◆ **Stored data entries**
+++

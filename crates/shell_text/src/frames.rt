//! The ask that a frame's body spells.

ghost use Rattle.std.specs.Prelude.{◌≡◌, ◌⊎◌};
ghost use Rattle.request_frames.specs.Reading.{ends};
ghost use Rattle.fs_trees.specs.declared.ask.ShellAsk.TheVariants as shell;
ghost use Rattle.shell_text.specs.declared.file_ask.FileAsk.{FileAsk};
ghost use Rattle.shell_text.specs.declared.file_ask.FileAsk.TheVariants as file;
ghost use Rattle.shell_text.specs.FileBodies.{IsAskBody};
ghost use Rattle.shell_text.specs.FileReading.{put_of, append_of, cat_of, ls_of, make_dir_of, rm_of, copy_of};
ghost use Rattle.shell_text.specs.FileReading.{size_of, read_of, next_of, of_inodes, coded, asked, file_ask_of};

use crate::body::{read_after, read_path, read_start};
use crate::file_ask::FileAsk;
use fs_trees::{ShellAsk, ShellKind};
use request_frames::reader::BodyReader;

/// An empty tree.
const MAKE: u8 = 1;

/// A file with these bytes.
const PUT: u8 = 2;

/// Bytes at the end of a file.
const APPEND: u8 = 3;

/// The bytes of a file.
const CAT: u8 = 4;

/// The names in a directory.
const LS: u8 = 5;

/// A new directory.
const MAKE_DIR: u8 = 6;

/// The end of a file, or of a directory without entries.
const RM: u8 = 7;

/// A new file with the bytes of another.
const COPY: u8 = 8;

/// The number of free blocks.
const DF: u8 = 9;

/// What stands at a path.
const SIZE: u8 = 16;

/// Some bytes of a file.
const READ: u8 = 17;

/// The least name above another.
const NEXT: u8 = 18;

/// The ask that the body of a frame spells for a layout, and Bad where it spells none.
pub fn decode_ask(kind: ShellKind, body: &[u8]) -> FileAsk
    // What is read is spelled so, from the first byte to the last.
    /// promise (with only): An ask exactly where the body is its spelling for that layout, with nothing after the last
    /// field, and `Bad` exactly where it is none's.
    ensures spelled { (result ≡ file.Shell shell.Bad) ⊎ IsAskBody kind body.now result }
    // What is spelled so is read: so no body asks two things. No body spells Bad.
    ensures only { (a : FileAsk) → IsAskBody kind body.now a → result ≡ a }
    // As a function that computes.
    ensures value { result ≡ file_ask_of kind body.now }
{
    read_body(kind, body)
}

/// What a body says.
#[tactic(auto, unfolding(crate::specs::FileReading::file_ask_of))]
fn read_body(kind: ShellKind, body: &[u8]) -> FileAsk
    ensures { result ≡ file_ask_of kind body.now }
{
    match asked(kind, BodyReader::of(body)) {
        Some(ask) => ask,
        None => FileAsk::Shell { ask: ShellAsk::Bad },
    }
}

#[tactic(auto, unfolding(crate::specs::FileReading::asked))]
fn asked(kind: ShellKind, mut reader: BodyReader) -> Option<FileAsk>
    ensures { result ≡ asked kind reader.entry }
{
    let code = reader.byte()?;
    coded(kind, code, reader)
}

/// The ask by its code.
#[tactic(auto, unfolding(crate::specs::FileReading::coded))]
fn coded(kind: ShellKind, code: u8, reader: BodyReader) -> Option<FileAsk>
    ensures { result ≡ coded kind code reader.entry }
{
    match code {
        MAKE => shell(reader, ShellAsk::Make),
        PUT => put(reader),
        APPEND => append(reader),
        CAT => cat(reader),
        LS => ls(reader),
        MAKE_DIR => make_dir(kind, reader),
        RM => rm(reader),
        COPY => copy(kind, reader),
        DF => shell(reader, ShellAsk::Df),
        SIZE => size(reader),
        READ => read(reader),
        NEXT => next(reader),
        _ => None,
    }
}

/// The ask, where no byte is left.
fn done(reader: BodyReader, ask: FileAsk) -> Option<FileAsk>
    ensures { result ≡ ends reader.entry ask }
{
    if reader.is_empty() { Some(ask) } else { None }
}

/// The ask of the shell, where no byte is left.
fn shell(reader: BodyReader, ask: ShellAsk) -> Option<FileAsk>
    ensures { result ≡ ends reader.entry (file.Shell ask) }
{
    done(reader, FileAsk::Shell { ask })
}

#[tactic(auto, unfolding(crate::specs::FileReading::put_of))]
fn put(mut reader: BodyReader) -> Option<FileAsk>
    ensures { result ≡ put_of reader.entry }
{
    let path = read_path(&mut reader)?;
    let bytes = reader.data()?;
    shell(reader, ShellAsk::Put { path, bytes })
}

#[tactic(auto, unfolding(crate::specs::FileReading::append_of))]
fn append(mut reader: BodyReader) -> Option<FileAsk>
    ensures { result ≡ append_of reader.entry }
{
    let path = read_path(&mut reader)?;
    let bytes = reader.data()?;
    shell(reader, ShellAsk::Append { path, bytes })
}

#[tactic(auto, unfolding(crate::specs::FileReading::cat_of))]
fn cat(mut reader: BodyReader) -> Option<FileAsk>
    ensures { result ≡ cat_of reader.entry }
{
    let path = read_path(&mut reader)?;
    shell(reader, ShellAsk::Cat { path })
}

#[tactic(auto, unfolding(crate::specs::FileReading::ls_of))]
fn ls(mut reader: BodyReader) -> Option<FileAsk>
    ensures { result ≡ ls_of reader.entry }
{
    let path = read_path(&mut reader)?;
    shell(reader, ShellAsk::Ls { path })
}

/// A new directory: inodes alone have those.
#[tactic(auto, unfolding(crate::specs::FileReading::make_dir_of))]
fn make_dir(kind: ShellKind, mut reader: BodyReader) -> Option<FileAsk>
    ensures { result ≡ of_inodes kind make_dir_of reader.entry }
{
    match kind {
        ShellKind::Inode => {
            let path = read_path(&mut reader)?;
            shell(reader, ShellAsk::MakeDir { path })
        }
        ShellKind::Chain => None,
    }
}

#[tactic(auto, unfolding(crate::specs::FileReading::rm_of))]
fn rm(mut reader: BodyReader) -> Option<FileAsk>
    ensures { result ≡ rm_of reader.entry }
{
    let path = read_path(&mut reader)?;
    shell(reader, ShellAsk::Rm { path })
}

/// A copy: inodes alone have those.
#[tactic(auto, unfolding(crate::specs::FileReading::copy_of))]
fn copy(kind: ShellKind, mut reader: BodyReader) -> Option<FileAsk>
    ensures { result ≡ of_inodes kind copy_of reader.entry }
{
    match kind {
        ShellKind::Inode => {
            let path = read_path(&mut reader)?;
            let new = read_path(&mut reader)?;
            shell(reader, ShellAsk::Copy { path, new })
        }
        ShellKind::Chain => None,
    }
}

#[tactic(auto, unfolding(crate::specs::FileReading::size_of))]
fn size(mut reader: BodyReader) -> Option<FileAsk>
    ensures { result ≡ size_of reader.entry }
{
    let path = read_path(&mut reader)?;
    done(reader, FileAsk::Size { path })
}

#[tactic(auto, unfolding(crate::specs::FileReading::read_of))]
fn read(mut reader: BodyReader) -> Option<FileAsk>
    ensures { result ≡ read_of reader.entry }
{
    let path = read_path(&mut reader)?;
    let start = read_start(&mut reader)?;
    let count = reader.number()?;
    done(reader, FileAsk::Read { path, start, count })
}

#[tactic(auto, unfolding(crate::specs::FileReading::next_of))]
fn next(mut reader: BodyReader) -> Option<FileAsk>
    ensures { result ≡ next_of reader.entry }
{
    let path = read_path(&mut reader)?;
    let after = read_after(&mut reader)?;
    done(reader, FileAsk::Next { path, after })
}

+++

◆ **WHAT YOU WILL DO**
Your task is to copy each line of the data above that holds "number".

◆ **REPLY TO THE EXERCISE**
/// The number of free blocks.
    let count = reader.number()?;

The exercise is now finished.